Ensure the measurement file includes positions and torques in the same format produced by the simulation step (or by your real robot logger).

Optional: End-to-end dataset generation

src/ground_truth_gen_sim.py combines trajectory generation, PyBullet replay, and regression into a single pipeline that appends results to a CSV via utility_math.csv_save. Review that script if you need automated batch generation.


Additional Notes

  • Trajectory optimisation relies on Ipopt via CasADi. If the solver fails to converge, relax joint/velocity bounds or increase the Fourier rank for your robot.
  • When switching robots, update ROBOT_MODEL, EE_LINK_NAME, and the relevant entry in TRAJGEN_HYPERPARAMETER_SETS. The scripts automatically pick up the new configuration.
  • Set TRAJGEN_ENABLE_SELF_COLLISION = True to restore the conservative convex-hull-based collision constraints once you are satisfied with the excitation quality.
  • The examples under src/examples/ show how to programmatically call the classes for more customised workflows (e.g., running multiple optimisation instances or integrating with ROS services).

Troubleshooting

  • ImportError: librcl_action.so – ensure you have sourced the ROS 2 Humble environment before running the scripts (source /opt/ros/humble/setup.bash and source ~/ros2_ws/install/setup.bash).
  • Missing meshes/URDFs – the scripts depend on ROS packages for robot descriptions.

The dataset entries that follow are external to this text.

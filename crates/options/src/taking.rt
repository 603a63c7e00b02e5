ghost use Rattle.std.specs.Prelude.{◌≡◌, false, replicate, None, slice_index_or};
ghost use Rattle.options.specs.Words.{flag_place, word_of};
ghost use Rattle.options.specs.Taking.{place_of, is_given, plain_setting, word_answer, given_after, raised_after, awaited_after};

use crate::fault::OptionFault;
use crate::options::Options;
use crate::setting::{Flag, Setting, Word};
use crate::words::word_of;

impl Options {
    // No word yet.
    pub fn new() -> Options
        ensures { (result.given ≡ replicate 10 None) × (result.raised ≡ replicate 3 false) × (result.awaited ≡ None) }
    {
        Options {
            given: [None; 10],
            raised: [false; 3],
            awaited: None,
        }
    }

    // The place of the word that is a setting's value, where it is given.
    pub fn place_of(&self, setting: Setting) -> Option<usize>
        ensures { result ≡ place_of self.now.given setting }
    {
        self.given[setting.place()]
    }

    // Whether a flag is raised.
    pub fn is_raised(&self, flag: Flag) -> bool
        ensures { result ≡ slice_index_or self.now.raised (flag_place flag) false }
    {
        self.raised[flag.place()]
    }

    fn is_given(&self, setting: Setting) -> bool
        ensures { result ≡ is_given self.now.given setting }
    {
        self.place_of(setting).is_some()
    }

    // The setting that a word gives a value to which names nothing.
    fn plain_setting(&self) -> Option<Setting>
        ensures { result ≡ plain_setting self.now.given }
    {
        if !self.is_given(Setting::Sheet) {
            return Some(Setting::Sheet);
        }
        if !self.is_given(Setting::Capture) {
            return Some(Setting::Capture);
        }
        None
    }

    // Takes the word at a place, counted from 1: the value of the setting that is awaited, or what it stands for itself. A word that
    // is refused changes nothing.
    pub fn take(&mut self, place: usize, word: &[u8]) -> Result<(), OptionFault>
        ensures answer { result ≡ word_answer self.old.given self.old.awaited place (word_of word.now) }
        ensures given { self.new.given ≡ given_after self.old.given self.old.awaited place (word_of word.now) }
        ensures raised { self.new.raised ≡ raised_after self.old.raised self.old.awaited (word_of word.now) }
        ensures awaited { self.new.awaited ≡ awaited_after self.old.given self.old.awaited (word_of word.now) }
    {
        if let Some(setting) = self.awaited {
            self.awaited = None;
            self.given[setting.place()] = Some(place);
            return Ok(());
        }
        match word_of(word) {
            Word::Names(setting) => {
                if self.is_given(setting) {
                    return Err(OptionFault::Twice(place));
                }
                self.awaited = Some(setting);
                Ok(())
            }
            Word::Raises(flag) => {
                self.raised[flag.place()] = true;
                Ok(())
            }
            Word::Unknown => Err(OptionFault::Unknown(place)),
            Word::Plain => match self.plain_setting() {
                Some(setting) => {
                    self.given[setting.place()] = Some(place);
                    Ok(())
                }
                None => Err(OptionFault::Extra(place)),
            },
        }
    }
}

Install the packages listed under Requirements and keep your workspace sourced.
  • Ipopt reports lb > ub – check the joint limit arrays in TRAJGEN_HYPERPARAMETER_SETS; asymmetric ranges must match the bias used for that robot.
  • Large condition numbers – try increasing fourier_rank, relaxing velocity limits, or re‑enabling self-collision constraints to shape the search space.

Happy identifying! Contributions and issue reports are welcome. Feel free to open a ticket if you integrate another robot or add new optimisation metrics.